The research programme which is into the third of its five years, has had some “serious development finalised” Werner says.

“At the moment we are improving our methods on how to see grape bunches behind leaves with microwaves, and combine this with machine vision, a camera base.

“We then combine these two sensors with an artificial intelligence approach, so we are learning by understanding what the patterns are between these two sensors. This will give us good accuracy at finding optically occluded grape bunches.”

Werner says they will go into the next season with a tested approach, and “hopefully that will allow us to show how accurately we can count and size grape bunches.”

The research is funded by MBIE as well as NZW and conducted by experts from Lincoln Agritech, Plant and Food Research, Canterbury University, Lincoln University and CSIRO. The development of a prediction model has relied on a great deal of data from growers from Marlborough over the past two years, he says, but more is needed.

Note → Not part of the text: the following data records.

/// An input in lines, each with its line feed, and the rest of one.
pub fn inputs()
    ensures line { IsLine (codes "12") }
    ensures two_lines { ¬ IsLine (codes "1\n2") }
    ensures lines { AreLines (codes "1\n\n2") (codes "1" ∷ [] ∷ []) (codes "2") }
    ensures without_line_feed { ¬ AreLines (codes "1") (codes "1" ∷ []) [] }
    ensures line_feed_within { ¬ AreLines (codes "1\n2\n") (codes "1\n2" ∷ []) [] }
    ensures line_feed_in_the_rest { ¬ AreLines (codes "1\n") [] (codes "1\n") }
    ensures front { IsFront false (codes "1\n2") (codes "1") (codes "2") }
    ensures front_alone { IsFront true (codes "1") (codes "1") [] }
    ensures front_with_more { ¬ IsFront true (codes "1") (codes "1") (codes "2") }
    ensures front_with_a_bracket { ¬ IsFront false (codes "[\n2") (codes "[") (codes "2") }
    ensures front_without_line_feed { ¬ IsFront false (codes "12") (codes "1") (codes "2") }
    ensures front_is_all { ¬ IsFront true (codes "1\n2") (codes "1") (codes "2") }
    ensures first { HasFirst false (codes "1\n2") (codes "1") (codes "2") }
    ensures first_of_lines { HasFirst false (codes "{\n[\n]}\n2\n") (codes "{\n[\n]}")
        (codes "2\n") }
    ensures first_with_a_text { HasFirst false (codes "[\"]\\\"[\"\n]\n2") (codes "[\"]\\\"[\"\n]")
        (codes "2") }
    ensures first_at_the_end { HasFirst true (codes "[\n") (codes "[\n") [] }
    ensures first_cut { ¬ HasFirst false (codes "[\n]\n") (codes "[") (codes "]\n") }
    ensures first_alone { HasFirst true (codes "1") (codes "1") [] }
    ensures longest_first { (first : List ℕ)
        → IsLine first
        → length first ≡ 1_048_576
        → HasFirst true first first [] }
    ensures too_long_first { (ended : Bool) (input : List ℕ) (first : List ℕ) (behind : List ℕ)
        → length first ≡ 1_048_577
        → ¬ HasFirst ended input first behind }
    ensures first_of_two_lines { (ended : Bool)
        → ¬ HasFirst ended (codes "1\n2\n") (codes "1\n2") [] }
    ensures first_without_the_rest { (ended : Bool)
        → ¬ HasFirst ended (codes "1\n2") (codes "1") [] }
{}
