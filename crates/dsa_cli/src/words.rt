//! What the words of the command line make the program do.

ghost use Rattle.std.specs.Prelude.{◌≡◌, ◌≢◌, ◌⊎◌, ◌≤◌, ◌<◌, ◌++◌, true, false, ℕ};
ghost use Rattle.std.specs.Prelude.{List, Some, None, [], length, take, codes, map, option_map};
ghost use Rattle.std.specs.Prelude.{string_bytes};
ghost use Rattle.std.specs.Prelude.{IfSome};
ghost use Rattle.std.specs.Io.KnownBytes.{Appends};
ghost use Rattle.clap.specs.Words.{Row, Text, kind_of};
ghost use Rattle.dsa_shared.specs.declared.settle.Totals.{Totals};
ghost use Rattle.dsa_cli.specs.declared.options.{Workload.{Workload}, WrongValue.{WrongValue}};
ghost use Rattle.dsa_cli.specs.declared.reports.{Report.{Report}, Run.{Run}};
ghost use Rattle.dsa_scenario.specs.declared.faults.ScenarioFault.{ScenarioFault};
ghost use Rattle.dsa_scenario.specs.Faults.{fault_line};
ghost use Rattle.dsa_scenario.specs.Scenario.{IsRenderingOf, IsTextWritten, IsCutShort};
ghost use Rattle.dsa_cli.specs.declared.threads.ThreadsFault.{ThreadsFault};
ghost use Rattle.dsa_cli.specs.Threads.{IsInRange, AreTotalsOf, threads_fault_line, totals_text};
ghost use Rattle.dsa_scenario.specs.Watched.{watched_contents, has_refused, is_closed};
ghost use Rattle.dsa_scenario.specs.Watched.{IsSameWriter};
ghost use Rattle.dsa_cli.specs.CommandLine.{IsMistaken, IsUnderstood, AskNoInput, faults_of_words};
ghost use Rattle.dsa_cli.specs.CommandLine.{NameNothing, NameThreads, NameReport, NameServe};
ghost use Rattle.dsa_cli.specs.CommandLine.{IsServed, IsServedIn, IsServeStopped, IsServeStoppedIn};
ghost use Rattle.dsa_cli.specs.CommandLine.{SayHighThreshold, high_threshold_text};
ghost use Rattle.dsa_cli.specs.CommandLine.{AskWrongValue, wrong_value_text};
ghost use Rattle.dsa_cli.specs.CommandLine.{clash_text, clash_words, unknown_answer_text};
ghost use Rattle.dsa_cli.specs.CommandLine.{unknown_range_text, unknown_shard_text};
ghost use Rattle.dsa_cli.specs.CommandLine.{IsReportWritten, IsReportCut, IsReportLeft};
ghost use Rattle.dsa_cli.specs.CommandLine.{AreTotalsWritten, AreTotalsCutShort};
ghost use Rattle.dsa_cli.specs.Endings.{IsEnd, IsEndedBy, IsFaultTold, IsQuiet, IsWriteRefused};
ghost use Rattle.dsa_cli.specs.Endings.{IsRefusal, IsStoppedBy, IsStoppedOnTheWay};
ghost use Rattle.dsa_cli.specs.Endings.{IsUnwritten};
ghost use Rattle.dsa_cli.specs.Reports.{IsReported, IsReportCutShort, IsReportBegun};
ghost use Rattle.dsa_cli.specs.Reports.{IsTextOrTooLong, IsTextOrTooLongCut, text_if_too_long};

use crate::options::{Asked, Clash, Workload, WrongValue, read_words};
use crate::reports::{Report, Written};
use crate::threads::run_workload;
use clap::Error;
use clap::error::ErrorKind;
use dsa_named_trace::stream_trace;
use dsa_scenario::{PlainRun, Render, ScenarioFault, WatchedWriter, render_input};
use dsa_serve::serve_either;
use dsa_trace::Trace;
use std::alloc::Global;
use std::fmt::Display;
use std::io::{Read, Write};
use std::marker::Sync;
use std::mem;
use std::sync::Wait;
use std::thread::Threads;

/// The exit status of a run that was done.
const DONE: u8 = 0;

/// The exit status of a fault.
const FAILED: u8 = 1;

/// The exit status of a usage error.
const REFUSED: u8 = 2;

// Writes the line of a fault, and gives the exit status.
fn tell_watched<E: Write, F: Display>(err: &mut WatchedWriter<'_, E>, fault: &F) -> u8
    ensures status { result ≡ 1 }
    ensures same_writer { IsSameWriter err.old err.new }
    ensures line { has_refused err.new ≡ false
        → IfSome (F.output fault.now)
        (λ text. Appends (watched_contents E.contents err.old)
        (watched_contents E.contents err.new)
        (codes "dsa_run: " ++ text ++ codes "\n")) }
{
    let _ = err.print(format_args!("dsa_run: {fault}\n"));
    FAILED
}
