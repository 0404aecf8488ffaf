//! Claims, as an order closes them.
ghost use Rattle.std.specs.Prelude.{◌≡◌, ◌++◌, ◌||◌, IfOk, OnOk, Some, not, true};
ghost use Rattle.std.specs.List.{filter};
ghost use Rattle.nt_lanes.specs.Lanes.{asked};
ghost use Rattle.nt_plans.specs.Gates.{close_line, close_lines, closed_first, closed_in, goes_after, is_claim, is_told, tries_of};

use crate::items::{is_handle, is_one_of};
use crate::laying::Made;
use nt_calls::Act;
use nt_lanes::Ask;
use nt_status::Handle;
use nt_wording::put_number;
use std::alloc::{AllocError, Global};

/// Whether acts go on after this one: at a gap they do, and not where it closes what was closed before.
fn goes_after(closed: &[Handle], act: &Option<Act>, goes: bool) -> bool
    ensures { result ≡ goes_after closed.now act.now goes }
{
    match act {
        None => true,
        Some(Act::Close(handle)) => goes && !is_one_of(closed, *handle),
        _ => goes,
    }
}

/// What acts close that are tried. What was closed before is refused, with those after it up to the next gap.
fn closed_in(
    alloc: Global,
    closed: &[Handle],
    acts: &[Option<Act>],
) -> Result<Vec<Handle>, AllocError>
    ensures { IfOk result (λ found. found.items ≡ closed_in closed.now acts.now true) }
{
    let mut found = Vec::new(alloc);
    let mut goes = true;
    for act in acts {
        goes = goes_after(closed, act, goes);
        if let Some(Act::Close(handle)) = act {
            if goes {
                found.push(*handle)?;
            }
        }
    }
    Ok(found)
}

/// What is closed where this is asked and acts are tried, after what was closed so before.
pub fn tries_of(alloc: Global, closed: &[Handle], ask: &Ask) -> Result<Vec<Handle>, AllocError>
    ensures { IfOk result (λ found. found.items ≡ tries_of closed.now (Some (asked ask.now))) }
{
    match ask {
        Ask::Tries(acts) => closed_in(alloc, closed, acts),
        _ => Ok(Vec::new(alloc)),
    }
}

/// Whether the handle is a claim of one of these.
fn is_claim(late: &[Made], handle: Handle) -> bool
    ensures { result ≡ is_claim late.now handle }
{
    late.iter().any(|made| made.claim == handle)
}

/// The handle that the line itself closes, where it closes claims too.
pub fn closed_first(ask: &Ask) -> Option<Handle>
    ensures { result ≡ closed_first (Some (asked ask.now)) }
{
    match ask {
        Ask::Tries(acts) => match acts.as_slice() {
            [Some(Act::Close(handle)), ..] => Some(*handle),
            _ => None,
        },
        _ => None,
    }
}

/// Whether the script tells of it already that this handle is closed: it is a claim, or that which the line itself closes.
fn is_told(late: &[Made], first: &Option<Handle>, handle: Handle) -> bool
    ensures { result ≡ is_told late.now first.now handle }
{
    is_claim(late, handle) || is_handle(handle, *first)
}

/// Puts the line with which the thread closes the handle.
fn put_close(out: &mut Vec<u8>, thread: u32, handle: Handle) -> Result<(), AllocError>
    ensures { OnOk result (out.new.items ≡ out.old.items ++ close_line thread handle) }
{
    out.extend_from_slice(b"t")?;
    put_number(out, u64::from(thread))?;
    out.extend_from_slice(b" close ")?;
    put_number(out, u64::from(handle.get()))?;
    out.extend_from_slice(b"\n")
}

/// The same of each of these handles of which the script does not tell it already, after a line that closes this one itself.
pub fn put_closes(
    out: &mut Vec<u8>,
    late: &[Made],
    thread: u32,
    first: &Option<Handle>,
    handles: &[Handle],
) -> Result<(), AllocError>
    ensures { OnOk result (out.new.items
        ≡ out.old.items ++ close_lines thread (filter (λ handle. not (is_told late.now first.now handle)) handles.now)) }
{
    for handle in handles {
        if !is_told(late, first, *handle) {
            put_close(out, thread, *handle)?;
        }
    }
    Ok(())
}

“We want data that shows the relation between their counts they did in January and the yield they harvested for that block, bay or vine. It would be great if more vineyards could provide that.”

If you would like to help by providing data from previous seasons, please contact Armin Werner: This email address is being protected from spambots. You need JavaScript enabled to view it. or Mike Trought at Plant and Food Research (This email address is being protected from spambots. You need JavaScript enabled to view it.).

Adding to the link between the wine industry and Lincoln Agritech, a Memorandum of Understanding (MoU) was signed between the latter and the NZWRC, in November.